Tibetan tradition, which Boord credits as generally credible, holds that the entire corpus of Indian kīla lore was systematized by Padmasambhava, Vimalamitra, and the Nepali Śīlamañju, while on retreat together at Yang-le-shod (present-day Pharping, Nepal).

According to Boord, "it was precisely during this retreat that the many strands of kila lore were finally woven together into a coherent masterpiece of tantric Buddhism and thus it helps to illuminate the process by which tantric methods were being related to soteriology at this time.

Beautifully codified in terms of both theory and practice, this divine scheme of meditation and magic was subsequently transmitted to Tibet and became established there as one of the major modes of religious engagement.

So much so, in fact, that many previous writers on Tibet have actually assumed the kila cult to be of Tibetan origin."

Renowned Tibetologist and Buddhologist Herbert Guenther concurred in a review of Boord's work, concluding that his "careful research of all available texts relevant to the study of this figure" was "much needed and long overdue" in correcting longstanding "misrepresentation of historical facts."


Beer (1999: p. 246) conveys the entwined relationship of Vajrakilaya with Samye, the propagation of Secret Mantra in Tibet, and the importance of the sadhana to both Padmasambhava's enlightenment, and his twenty-five 'heart disciples', who are of the mindstreams of the principal terton (according to Nyingma tradition):


In the biography of Padmasambhava it is recorded that he travelled to the northern land of Kashakamala, where the cult of the kīla prevailed.

Later, whilst meditating on the deity Yangdak Heruka (Skt.
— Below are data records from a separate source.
impl<J: Task<Out = u64>> Seat<J> {
    /// A core at its ends.
    pub fn of(recorded: Recorded<J>, ends: Ends<J>) -> Self
        requires seated { IsSeated J.meaning (record { recorded = recorded; ends = ends }) }
        ensures { result ≡ record { recorded = recorded; ends = ends } }
    {
        Seat { recorded, ends }
    }

    /// The core beside its journal, and the ends.
    pub fn into_parts(self) -> (Recorded<J>, Ends<J>)
        ensures recorded { result.0 ≡ self.recorded }
        ensures ends { result.1 ≡ self.ends }
        ensures seated { IsSeated J.meaning self }
    {
        let Seat { recorded, ends } = self;
        (recorded, ends)
    }

    /// The core beside its journal.
    pub fn recorded(&self) -> &Recorded<J>
        ensures same { result.now ≡ self.now.recorded }
        ensures seated { IsSeated J.meaning self.now }
    {
        &self.recorded
    }

    /// The number of the core, as that of an actor.
    pub fn actor(&self) -> ActorNo
        ensures { result ≡ self.now.recorded.core.core }
    {
        self.ends.number
    }

    /// What the next pick would come to. Nothing changes.
    ///
    /// # Errors
    ///
    /// Those of `pick`.
    #[inline(always)]
    pub fn ahead(&self) -> Result<Ahead, PickError>
        ensures { TellsAhead self.now.recorded.core result }
    {
        self.recorded.ahead()
    }

    /// Whether a link shows an order or an outcome that wasn't seen yet: one load for each link. No clause says that the answer is right.
    pub fn shows(&self) -> bool {
        self.ends.ins.as_slice().iter().any(|end| end.shows())
            || self.ends.outs.as_slice().iter().any(|end| end.shows())
    }

    /// What the end of this sender tells of itself: how many orders may be without an outcome.
    pub fn look_at(&self, sender: ActorNo)
        requires known { sender ≤ self.now.recorded.core.cores }
        ensures { SoundIn (in_at sender self.now.ends).inward }
    {
        let _count = self.ends.ins[sender.0 as usize].final_count();
    }

    /// Writes to the memory of all notes that there may be. Nothing is noted.
    pub fn prefault(&mut self)
        ensures { self.new ≡ self.old }
    {
        self.recorded.prefault();
    }

    /// Hands all notes that are kept to the sink, so that their places are free again. A sink that refuses leaves all as it was.
    ///
    /// # Errors
    ///
    /// `Refused` where the sink refuses.
    pub fn pass_on<S: Sink>(&mut self, sink: &mut S) -> Result<(), Refused>
        requires { S.has sink.old ≡ self.old.recorded.journal.passed }
        ensures passes { PassesOn S.has S.refused self.old.recorded.journal sink.old result self.new.recorded.journal sink.new }
        ensures refusals { KeepsRefusals S.refused sink.old sink.new }
        ensures asked { IsAsked (S.asks sink.old) (S.asks sink.new) }
        ensures marked { S.mark sink.new ≡ S.mark sink.old }
        ensures rest { self.new ≡ record self.old { recorded = record self.old.recorded { journal = self.new.recorded.journal } } }
        ensures seated { IsSeated J.meaning self.new }
        ensures linked { IsLinked J.meaning self.old → IsLinked J.meaning self.new }
    {
        self.recorded.pass_on(sink)
    }

    /// Makes a queue before anything else is done.
    ///
    /// # Errors
    ///
    /// `TooMany` where the core has 256 queues; otherwise `Memory`. Nothing changes.
    pub fn create(&mut self, shares: Shares) -> Result<QueueNo, CreateError>
        requires opening { IsOpening self.old.recorded.journal.notes }
        requires room { length self.old.recorded.journal.notes < self.old.recorded.journal.room }
        ensures creates { CreatesQueue shares self.old.recorded result self.new.recorded }
        ensures same { self.new.ends ≡ self.old.ends }
        ensures seat { IsSameSeat self.old.recorded self.new.recorded }
        ensures seated { IsSeated J.meaning self.new }
    {
        self.recorded.create(shares)
    }

    /// Closes the core by itself. Whether that did anything: the first closing does, and `Return` after `Finish`.
    pub fn close(&mut self, mode: Mode) -> bool
        requires room { length self.old.recorded.journal.notes < self.old.recorded.journal.room }
        ensures closes { ClosesItself self.old.recorded mode result self.new.recorded }
        ensures same { self.new.ends ≡ self.old.ends }
        ensures stays { StaysLinked self.old self.new }
        ensures seated { IsSeated J.meaning self.new }
        ensures linked { IsLinked J.meaning self.old → IsLinked J.meaning self.new }
    {
        self.recorded.close(mode)
    }

    /// Shuts the gate of this sender in a closed core.
    pub fn shut(&mut self, sender: ActorNo)
        requires known { sender ≤ self.old.recorded.core.cores }
        requires closed { IsSome (core_mode self.old.recorded.journal.notes) }
        requires untold { final_count sender self.old.recorded.journal.notes ≡ None }
        requires room { length self.old.recorded.journal.notes < self.old.recorded.journal.room }
        ensures does { ShutsGate sender self.old self.new }
        ensures seated { IsSeated J.meaning self.new }
        ensures linked { IsLinked J.meaning self.old → IsLinked J.meaning self.new }
    {
        self.recorded.shut(self.ends.in_mut(sender), sender);
    }

    /// Delivers the next order of this sender, if one shows. Whether there was one.
    pub fn deliver(&mut self, sender: ActorNo) -> bool
        requires known { sender ≤ self.old.recorded.core.cores }
        requires room { length self.old.recorded.journal.notes + 2 ≤ self.old.recorded.journal.room }
        ensures does { DeliversFrom sender self.old result self.new }
        ensures seated { IsSeated J.meaning self.new }
        ensures linked { IsLinked J.meaning self.old → IsLinked J.meaning self.new }
    {
        self.recorded.deliver(self.ends.in_mut(sender))
    }

    /// Collects all outcomes that the link to this core shows. How many there were.
    pub fn collect_from(&mut self, core: CoreNo) -> usize
        requires known { core < self.old.recorded.core.cores }
        requires room { length self.old.recorded.journal.notes + self.old.recorded.cap ≤ self.old.recorded.journal.room }
        ensures does { CollectsOf core self.old result self.new }
        ensures seated { IsSeated J.meaning self.new }
        ensures linked { IsLinked J.meaning self.old → IsLinked J.meaning self.new }
    {
        self.recorded.collect_from(self.ends.out_mut(core), core)
    }

    /// Collects the next outcome that the link to this core shows, if there is one. Whether there was one.
    pub fn collect_one(&mut self, core: CoreNo) -> bool
        requires known { core < self.old.recorded.core.cores }
        requires room { length self.old.recorded.journal.notes + self.old.recorded.cap ≤ self.old.recorded.journal.room }
        ensures does { CollectsOne core self.old result self.new }
        ensures seated { IsSeated J.meaning self.new }
    {
        self.recorded.collect_one(self.ends.out_mut(core), core)
    }

    /// Sends an order to this core, and notes it if it is accepted.
    ///
    /// # Errors
    ///
    /// Those of the link: `Closed`, `Full` and `Spent`, tried in this order. The order comes back, and nothing is noted.
    pub fn submit(&mut self, to: CoreNo, order: Order<J>) -> Result<Ticket, SendError<J>>
        requires known { to < self.old.recorded.core.cores }
        requires room { length self.old.recorded.journal.notes < self.old.recorded.journal.room }
        requires ready { HasReadyJob J.meaning order }
        ensures does { SubmitsOn to order self.old result self.new }
        ensures seated { IsSeated J.meaning self.new }
        ensures linked { IsLinked J.meaning self.old → IsLinked J.meaning self.new }
    {
        self.recorded.submit(self.ends.out_mut(to), to, order)
    }

    /// The outcome of a submission, which is gone from then on.
    ///
    /// # Errors
    ///
    /// `Unknown` where nothing was accepted under the name; `Gone` where it was redeemed or detached before; `Pending` where its outcome
    /// isn't collected yet. Nothing changes.
    pub fn redeem(&mut self, ticket: Ticket) -> Result<Outcome<J, u64>, TicketError>
        requires room { length self.old.recorded.journal.notes < self.old.recorded.journal.room }
        ensures does { RedeemsOn J.meaning ticket self.old result self.new }
        ensures seated { IsSeated J.meaning self.new }
    {
        if !self.recorded.knows(ticket) {
            return Err(TicketError::Unknown);
        }
        let to = ticket.name().to;
        self.recorded.redeem(self.ends.out_mut(to), ticket)
    }

    /// Nobody will ask for the outcome of a submission.
    ///
    /// # Errors
    ///
    /// `Unknown` and `Gone`, as `redeem`. Nothing changes.
    pub fn detach(&mut self, ticket: Ticket) -> Result<(), TicketError>
        requires room { length self.old.recorded.journal.notes < self.old.recorded.journal.room }
        ensures does { DetachesOn ticket self.old result self.new }
        ensures seated { IsSeated J.meaning self.new }
        ensures linked { IsLinked J.meaning self.old → IsLinked J.meaning self.new }
    {
        if !self.recorded.knows(ticket) {
            return Err(TicketError::Unknown);
        }
        let to = ticket.name().to;
        self.recorded.detach(self.ends.out_mut(to), ticket)
    }

    /// Picks the queue of least virtual runtime, then least number, and takes its first job out. If the queue or the core is closed so, the job
    /// goes back, and its outcome is given to its sender at once.
    ///
    /// # Errors
    ///
    /// `Busy` where a job is out or a turn is open; otherwise `Spent` where all turns are used and a queue has work. Nothing changes.
    pub fn pick(&mut self) -> Result<Taken<J>, PickError>
        requires room { length self.old.recorded.journal.notes + 2 ≤ self.old.recorded.journal.room }
        ensures picks { PicksTaken J.meaning self.old.recorded result self.new.recorded }
        ensures refused { OnErr result (self.new ≡ self.old) }
        ensures stays { StaysLinked self.old self.new }
        ensures seated { IsSeated J.meaning self.new }
        ensures linked { IsLinked J.meaning self.old → self.new.recorded.core.out ≡ None → IsLinked J.meaning self.new }
    {
        match self.recorded.pick() {
            Ok(Turn::Start(name, queue, job)) => Ok(Taken::Start(name, queue, job)),
            Ok(Turn::Resume(name, queue, job)) => Ok(Taken::Resume(name, queue, job)),
            Ok(Turn::Back(name, order, reason)) => {
                let told = back(&name, &reason);
                give_on(&self.recorded, &mut self.ends, name, reason, order);
                Ok(told)
            }
            Ok(Turn::Idle) => Ok(Taken::Idle),
            Err(error) => Err(error),
        }
    }

    /// Settles the poll of the job that is out, and gives its outcome to its sender, if it is done. If the job told no time of its own,
    /// `spent` nanoseconds count.
    pub fn settle(&mut self, name: JobId, ran: Ran<J>, spent: u64) -> Settled<u64>
        requires out { IsOut self.old.recorded.core.out ran.before }
        requires named { IsOutUnder self.old.recorded.core.out name }
        requires known { name.from ≤ self.old.recorded.core.cores }
        requires polled { IsPolled J.meaning ran }
        requires room { length self.old.recorded.journal.notes < self.old.recorded.journal.room }
        ensures settles { Settles J.meaning self.old.recorded ran spent result self.new.recorded }
        ensures stays { StaysLinked self.old self.new }
        ensures seated { IsSeated J.meaning self.new }
    {
        self.recorded
            .settle(self.ends.in_mut(name.from), name, ran, spent)
    }

    /// Takes the first job of the queue whose turn is open out, for a further poll. None if no turn is open, if a job is out, or if the
    /// turn may not go on.
    pub fn follow(&mut self) -> Option<Turn<J>>
        requires room { length self.old.recorded.journal.notes < self.old.recorded.journal.room }
        ensures follows { Follows self.old.recorded result self.new.recorded }
        ensures ready { IfSome result (λ turn. IsReadyTurn J.meaning (Ok turn)) }
        ensures same { self.new.ends ≡ self.old.ends }
        ensures stays { StaysLinked self.old self.new }
        ensures seated { IsSeated J.meaning self.new }
    {
        self.recorded.follow()
    }

    /// Ends the open turn, which may not go on. The answer: the time of all its polls.
    pub fn end_turn(&mut self) -> u64
        requires is_open { IsSome (queue_in_turn self.old.recorded.core.bursts.burst self.old.recorded.journal.notes) }
        requires rest { self.old.recorded.core.out ≡ None }
        requires over { NothingFollows self.old.recorded }
        requires room { length self.old.recorded.journal.notes < self.old.recorded.journal.room }
        ensures ends { EndsTurn self.old.recorded result self.new.recorded }
        ensures same { self.new.ends ≡ self.old.ends }
        ensures stays { StaysLinked self.old self.new }
        ensures seated { IsSeated J.meaning self.new }
        ensures linked { IsLinked J.meaning self.old → IsLinked J.meaning self.new }
    {
        self.recorded.end_turn()
    }
}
Vishuddha Heruka) in the 'Asura Cave' at Parping in the Kathmandu valley, he experienced many obstructions from the maras, and in order to subjugate them he request the Kīla Vitotama Tantras to be brought from India.

Having established the first Tibetan monastery at Samye, the first transmission that Padmasambhava gave to his twenty-five 'heart disciples', in order to eliminate the hindrances to the propagation of the buddhadharma in Tibet, were the teachings of the Vajrakilaya Tantra.

From its early Nyingma origins the practice of Vajrakilaya as a yidam deity with the power to cut through any obstructions was absorbed into all schools of Tibetan Buddhism.


There are a number of terma teachings founded on Vajrakilaya. For instance, there are treasure teachings from Jigme Lingpa, Ratna Lingpa and Nyang-rel Nyima Ozer.